**Task**
Give only the number of lines in the records that contain the word "Appends".

**Data supplied**
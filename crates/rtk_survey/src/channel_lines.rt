//! The line of the channels of GLONASS that messages tell.
//!
//! If memory is refused, a first part of what is put may stand there.

ghost use Rattle.std.specs.Prelude.{◌≡◌, ◌<◌, ◌++◌, IfOk, OnOk};
ghost use Rattle.rtk_survey.specs.Steps.Tables.{place_is_counted};
ghost use Rattle.rtk_survey.specs.SummaryText as spec;

use crate::channels::{CHANNELS, FIELDS, PLACES};
use crate::unread::count_of_number;
use rtk_message::put_number;
use std::alloc::{AllocError, Global};
use std::collections::BTreeMap;

/// Appends the channel that a field tells: 7 less.
pub fn put_field_channel(text: &mut Vec<u8>, field: u8) -> Result<(), AllocError>
    ensures { OnOk result (text.new.items ≡ text.old.items ++ spec.field_channel_text field) }
{
    if field < 7 {
        text.extend_from_slice(&[b'-', b'0' + (7 - field)])
    } else {
        put_number(text, u64::from(field - 7))
    }
}

/// The slot and the channel of a place.
pub(crate) fn put_told_channel(text: &mut Vec<u8>, place: u16) -> Result<(), AllocError>
    requires { place < 588 }
    ensures { OnOk result (text.new.items ≡ text.old.items ++ spec.told_channel_text place) }
{
    put_number(text, (place / FIELDS) as u64)?;
    text.push(b':')?;
    put_field_channel(text, (place % FIELDS) as u8)
}

fn is_counted(counts: &BTreeMap<u16, u64>, place: u16) -> bool
    ensures { result ≡ place_is_counted counts.now place }
{
    place % FIELDS < u16::from(CHANNELS) && 0 < count_of_number(counts, place)
}

// The channels that are told, as an option lists them.
fn channels_text(alloc: Global, counts: &BTreeMap<u16, u64>) -> Result<Vec<u8>, AllocError>
    ensures { IfOk result (λ text. text.items ≡ spec.told_channels_text (place_is_counted counts.now)) }
{
    let mut text = Vec::new(alloc);
    let mut separator = b' ';
    for place in FIELDS..PLACES {
        if is_counted(counts, place) {
            text.push(separator)?;
            put_told_channel(&mut text, place)?;
            separator = b',';
        }
    }
    Ok(text)
}

// A text as a line, if it is not empty.
fn put_line_if_some(lines: &mut Vec<u8>, words: &[u8], text: &[u8]) -> Result<(), AllocError>
    ensures { OnOk result (lines.new.items ≡ lines.old.items ++ spec.line_if_some words.now text.now) }
{
    if text.is_empty() {
        return Ok(());
    }
    lines.extend_from_slice(words)?;
    lines.extend_from_slice(text)?;
    lines.push(b'\n')?;
    Ok(())
}

/// Appends the channels that messages of a station tell, by their counts.
pub(crate) fn put_channels(
    alloc: Global,
    lines: &mut Vec<u8>,
    counts: &BTreeMap<u16, u64>,
) -> Result<(), AllocError>
    ensures { OnOk result (lines.new.items ≡ lines.old.items ++ spec.channel_line (place_is_counted counts.now)) }
{
    let text = channels_text(alloc, counts)?;
    put_line_if_some(lines, b" channels", text.as_slice())
}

**Exercise response**
2